Recall when you shopped for your first home, you likely had a list of criteria— how much you could afford, the distance from your work, neighborhood amenities, etc. Historically, Residential Brokers were the intermediaries that helped you identify these criteria and make your purchase decision. Now, empirical data is available that can help you make an even better, more informed decision. It's kind of like TurboTax, which is software that enabled some people to replace their accountant and do their own taxes. Today in residential real estate, consumers now have that option: you can pay a professional realtor to do all the work for you, or you can use productivity software and do it yourself. Companies like ours are creating more choice for consumers in the residential marketplace.
In the future, I imagine a world where a customer could approach a house viewing with cell phone, wave it over lockbox to be identified and admitted, and then hear an annotated home tour through an app on their phone. Even now, there is a trend towards video showings, thanks to new panoramic camera apps that allow for personal narration on the part of the seller. The audio and video can stream to your phone as you walk through the house, and your location kicks off a new commentary about the features of that room.
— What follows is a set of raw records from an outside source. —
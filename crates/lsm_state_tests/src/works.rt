// Compactions of a tree as data.
use crate::samples::{Edge, bounds};
use crate::steps::Told;
use lsm_state::{
    Begun, Choice, ChooseError, CompactionState, CompactionStrategy, Config, Error, Fifo, Finished,
    Input, Leveled, Options, OwnedBounds, SeqNo, TableId, TreeState, Version,
};
use std::alloc::{AllocError, Global};
use std::collections::HashSet;

/// A compaction.
pub enum Work {
    /// At a watermark.
    Major(SeqNo),
    Leveled(SeqNo),
    /// Leveled with a target of one byte, so that each table is too much, and a threshold of two tables.
    Small,
    /// A limit of bytes, seconds to live, and a watermark; its moment is the tree's.
    Fifo(u64, Option<u64>, SeqNo),
    DropRange(Edge, Edge),
    /// Something is to become of tables of these ids, maybe in a level; the job of a merge is dropped, and so stays open.
    Choose(Kind, &'static [TableId], u8),
    /// A strategy of one's own chooses likewise.
    Ask(Kind, &'static [TableId], u8),
}

/// What is to become of tables.
#[derive(Clone, Copy)]
pub enum Kind {
    Move,
    Merge,
    Drop,
}

fn ids(alloc: Global, list: &[TableId]) -> Result<HashSet<TableId>, AllocError> {
    let mut ids = HashSet::new(alloc);
    for id in list {
        ids.insert(*id)?;
    }
    Ok(ids)
}

fn input(alloc: Global, list: &[TableId], to: u8) -> Result<Input, AllocError> {
    Ok(Input {
        table_ids: ids(alloc, list)?,
        dest_level: to,
        canonical_level: to,
        target_size: u64::MAX,
    })
}

fn choice(alloc: Global, kind: &Kind, list: &[TableId], to: u8) -> Result<Choice, AllocError> {
    match kind {
        Kind::Move => Ok(Choice::Move(input(alloc, list, to)?)),
        Kind::Merge => Ok(Choice::Merge(input(alloc, list, to)?)),
        Kind::Drop => Ok(Choice::Drop(ids(alloc, list)?)),
    }
}

pub fn choose(
    alloc: Global,
    tree: &mut TreeState,
    kind: &Kind,
    list: &[TableId],
    to: u8,
) -> Result<Begun, Error> {
    let options = Options::from_tree(tree);
    tree.begin_choice(choice(alloc, kind, list, to)?, options)
}

/// A strategy that chooses these tables for a level, whatever there is.
#[derive(Drop)]
struct Chooser {
    kind: Kind,
    list: &'static [TableId],
    to: u8,
}

impl CompactionStrategy for Chooser {
    ghost may_choose = { λ s config hidden version choice. Unit {0} };

    ghost may_refuse = { λ s config hidden version e. Unit {0} };

    fn get_name(&self) -> &'static str {
        "Chooser"
    }

    fn choose(
        &self,
        alloc: Global,
        _version: &Version,
        _config: &Config,
        _state: &CompactionState,
    ) -> Result<Choice, ChooseError> {
        Ok(choice(alloc, &self.kind, self.list, self.to)?)
    }
}

fn leveled(
    alloc: Global,
    tree: &mut TreeState,
    watermark: SeqNo,
) -> Result<Option<Finished>, Error> {
    tree.compact(&Leveled::new(alloc)?, watermark)
}

fn level_small(alloc: Global, tree: &mut TreeState) -> Result<Option<Finished>, Error> {
    let small = Leveled::new(alloc)?
        .with_table_target_size(1)
        .with_l0_threshold(2)
        .with_level_ratio_policy(vec![in alloc; (10, 1)]?);
    tree.compact(&small, 0)
}

/// What became of a compaction in one call.
fn ended(done: Result<Option<Finished>, Error>) -> Result<Told, Error> {
    match done? {
        None => Ok(Told::Nothing),
        Some(Finished::Declined(why)) => Ok(Told::Declined(why)),
        Some(Finished::Installed) => Ok(Told::Installed),
    }
}

/// What became of a choice.
fn began(begun: Result<Begun, Error>) -> Result<Told, Error> {
    match begun? {
        Begun::DidNothing => Ok(Told::Nothing),
        Begun::Declined(why) => Ok(Told::Declined(why)),
        Begun::Installed => Ok(Told::Installed),
        Begun::Job(job) => {
            drop(job.keep());
            Ok(Told::Job)
        }
    }
}

pub fn compact(alloc: Global, tree: &mut TreeState, work: &Work) -> Result<Told, Error> {
    match work {
        Work::Major(watermark) => ended(tree.major_compact(u64::MAX, *watermark)),
        Work::Leveled(watermark) => ended(leveled(alloc, tree, *watermark)),
        Work::Small => ended(level_small(alloc, tree)),
        Work::Fifo(limit, ttl, watermark) => {
            let fifo = Fifo::new(*limit, *ttl, tree.moment());
            ended(tree.compact(&fifo, *watermark))
        }
        Work::DropRange(low, high) => {
            let (start, end) = bounds(low, high);
            ended(tree.drop_range(OwnedBounds { start, end }))
        }
        Work::Choose(kind, list, to) => began(choose(alloc, tree, kind, list, *to)),
        Work::Ask(kind, list, to) => {
            let chooser = Chooser {
                kind: *kind,
                list: *list,
                to: *to,
            };
            ended(tree.compact(&chooser, 0))
        }
    }
}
One trend that was a big surprise to me personally was just how much information you can learn from an individual's digital breadcrumbs. We all leave these digital breadcrumbs around us, and most people don’t fully grasp the threat to their privacy because of it. Even as someone in the data business, I was shocked to see how much you can learn about someone legally, without that person even being aware of what they are giving up about their own privacy. It’s become very easy to find out quite a lot from the data we leave behind in our everyday transactions.
I’ve been fortunate not to encounter any bad actors yet, but I would like to raise people’s awareness about privacy concerns. Both data scientists and consumers are more concerned about getting whatever information or service they are after at any cost, and may not be fully aware of the privacy issues. The more we can do to protect and safeguard our privacy, the healthier we will be as an enduring liberal democratic society. Don’t take your privacy for granted!